基于金刚石拉曼转换的光束亮度增强研究进展

具有不同波长的高亮度激光在国防、工业、生命科学等诸多领域发挥着重要作用。但是受限于现有工作物质固有的光谱特性和热物性,传统粒子数反转激光器的波长和输出功率难以兼顾,甚至导致激光在功率提升时光束亮度不升反降。为了克服该难题,近几年人们利用非线性光学技术对光束净化开展了大量研究,即将粒子数反转激光器输出的低光束质量的光束,通过受激拉曼或受激布里渊散射等效应转变为高光束质量激光输出。其中,金刚石晶体以其高拉曼增益系数、极高的热导率和极宽的光谱透过范围等性质,在实现高效率拉曼波长转换的同时展现出优异的光束亮度增强特性,为人们获得高功率、高亮度激光光束提供了新的技术路径。文中对基于金刚石的一阶和级联拉曼转换的光束亮度增强研究进行了综述,并围绕其潜在的应用进行了探讨。

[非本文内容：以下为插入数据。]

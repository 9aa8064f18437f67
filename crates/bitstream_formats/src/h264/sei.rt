//! Supplemental enhancement information (section 7.3.2.3): the type and the size of each message.

use super::H264Error;
use crate::element::Syntax;
use crate::nal::read_trailing_bits;
use bitstream_io::{BE, Error};

/// Reads the type and the size of each message, skips its payload, and reads the bits that end the
/// unit. The last 1 of the unit is at `last`.
pub(super) fn read_messages(
    syntax: &mut Syntax<'_, '_, '_, BE>,
    last: u64,
) -> Result<(), H264Error> {
    for _ in 0..u32::MAX {
        read_sum(syntax, "last_payload_type_byte")?;
        let size = read_sum(syntax, "last_payload_size_byte")?;
        syntax.reader.take_bytes(size)?;
        if syntax.place() >= last {
            break;
        }
    }
    read_trailing_bits(syntax, last)?;
    Ok(())
}

/// Reads a number that is a sum of bytes: each byte before the last one is 255.
fn read_sum(syntax: &mut Syntax<'_, '_, '_, BE>, name: &'static str) -> Result<usize, Error> {
    let mut sum = 0usize;
    for _ in 0..u32::MAX {
        if syntax.reader.rest().first() != Some(&0xff) {
            break;
        }
        syntax.number("ff_byte", 8)?;
        sum = sum.saturating_add(255);
    }
    let byte = syntax.number(name, 8)?;
    Ok(sum.saturating_add(byte as usize))
}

Development of beam brightness enhancement based on diamond Raman conversion

High brightness laser sources with different wavelengths play an important role in the fields such as defense, industrial, and life sciences etc. However, due to the intrinsic spectral and thermophysical properties of current available laser gain materials, it is difficult to take into account the wavelength and output power of the traditional inversion lasers, which even leads to the decrease of beam brightness. To overcome this problem, beam cleanup by using nonlinear optical technology has been carried out in recent years, which is directly transferring the low beam quality generated from inversion lasers into the high through the effects such as stimulated Raman or Brillouin scattering. Among them, with excellent properties such as high Raman gain coefficient, high thermal conductivity and wide spectral transmission range, diamond exhibits excellent beam brightness enhancement characteristics while realizing high efficiency Raman conversion, which provides a new technical path to generate high power and high brightness laser beam. Here, the development of brightness enhancement based on first-order and cascaded Raman conversion of diamond was reviewed, and its future applications were discussed.